The points are completely tax-deductible in the year the points were paid in respect to a purchase. For refinancing, you must amortize the point(s) over the life of the refinance. For example, on a 30-year mortgage you would deduct 1/30th of the points each year.

Most mortgages are only kept for 10 years. So, you would be able to deduct the remainder of the points once that refinance loan is paid off.

If rates stay the same or go higher over time, and you stay at home for a long time, then a rate buydown can be a good move. We just don’t know for certain where rates are headed … that’s crystal ball stuff.

The minuses of paying points are you are putting forth money or chopping away at your equity in the case of a refinance.

If you don’t keep the loan for a long period of time due to a sale or refinance, then the points were not well spent.

Questions for yourself

Do you need the point funds for something very important that you cannot otherwise come up with? For example, you need to buy furniture for your new home and it’s cheaper to pay cash than to put the goods on a credit card.

How long do you think you are going to live in that home before you sell it? Obviously, if you are not going to stay long, don’t pay to buy the rate down.

Do you think interest rates are going to come down (crystal ball thinking again) in the near term? If you do think rates are going to come down, then save your buydown money as you’ll get cheaper pricing soon enough.

My rule of thumb is if you can recoup your costs in 36 months or less, then it can make sense to pay points.

For example, the $800,000 mortgage at 5.625% has a 30-year amortized payment of $4,605. Excluding the tax benefits, the same mortgage bought down to 5.25% has a $4,418 payment. The difference is $187 per month. So, $8,000 in cost divided by $187 (payment difference) takes almost 43 months to break even. So, in this case it doesn’t make sense to buy the rate down.

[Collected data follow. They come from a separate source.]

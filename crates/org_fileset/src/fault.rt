//! Why a read or a commit of a set failed.
//!
//! Why an opening failed is in `open`.
ghost use Rattle.std.specs.Prelude.{◌≡◌};
ghost use Rattle.org_fileset.specs.declared.fault.SetFault.TheVariants.{OutOfMemory, Device};

use org_disk::DiskFault;
use std::alloc::AllocError;
use thiserror::Error;

/// Why a read or a commit of a set of files failed.
#[derive(Clone, Copy, Debug, PartialEq, Eq, Error)]
pub enum SetFault {
    /// The allocator had no memory. Nothing was changed.
    #[error("out of memory")]
    OutOfMemory,
    /// A call of the disk failed. The set is broken from then on.
    #[error("a call of the disk failed")]
    Device,
    /// An earlier call met a failure of the disk. No call of the disk was made.
    #[error("broken by an earlier failure of the disk")]
    Broken,
}

impl From<AllocError> for SetFault {
    ghost from_gives = { λ _ e. e ≡ OutOfMemory };

    fn from(_: AllocError) -> SetFault {
        SetFault::OutOfMemory
    }
}

impl From<DiskFault> for SetFault {
    ghost from_gives = { λ _ e. e ≡ Device };

    fn from(_: DiskFault) -> SetFault {
        SetFault::Device
    }
}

If you can get the home seller to pay for the rate buydown points, then jump on it.

Something else

Right now, my crystal ball sees lower interest rates ahead, which means you might find it cost effective to refinance. The economy is showing more signs of a slowdown even though inflation is still running hot.

Also, President Donald Trump is going to replace Fed Chairman Jerome Powell with someone more sympathetic to lower interest rates. Mortgage rates are indirectly affected by Fed short-term rate cuts. So, paying points now may not be optimal as rates may go lower.

Freddie Mac rate news

The 30-year fixed rate averaged 6.19%, 4 basis points lower than last week. The 15-year fixed rate averaged 5.44%, 7 basis pointslower than last week.

The Mortgage Bankers Association reported a 1.4% mortgage application decrease compared with one week ago.

Bottom line: Assuming a borrower gets an average 30-year fixed rate on a conforming $832,750 loan, last year’s payment was $273 more than this week’s payment of $5,095.

What I see: Locally, well-qualified borrowers can get the following fixed-rate mortgages with one point: A 30-year FHA at 5.375%, a 15-year conventional at 5.125%, a 30-year conventional at 5.75%, a 15-year conventional high balance at 5.625% ($832,751 to $1,249,125 in LA and OC and $832,751 to $1,104,000 in San Diego), a 30-year-high balance conventional at 6.125% and a jumbo 30-year fixed at 6.125%.

Eye-catcher loan program of the week: A 30-year mortgage, fixed for the first five years at 5.375% with 30% down payment and 1 point cost.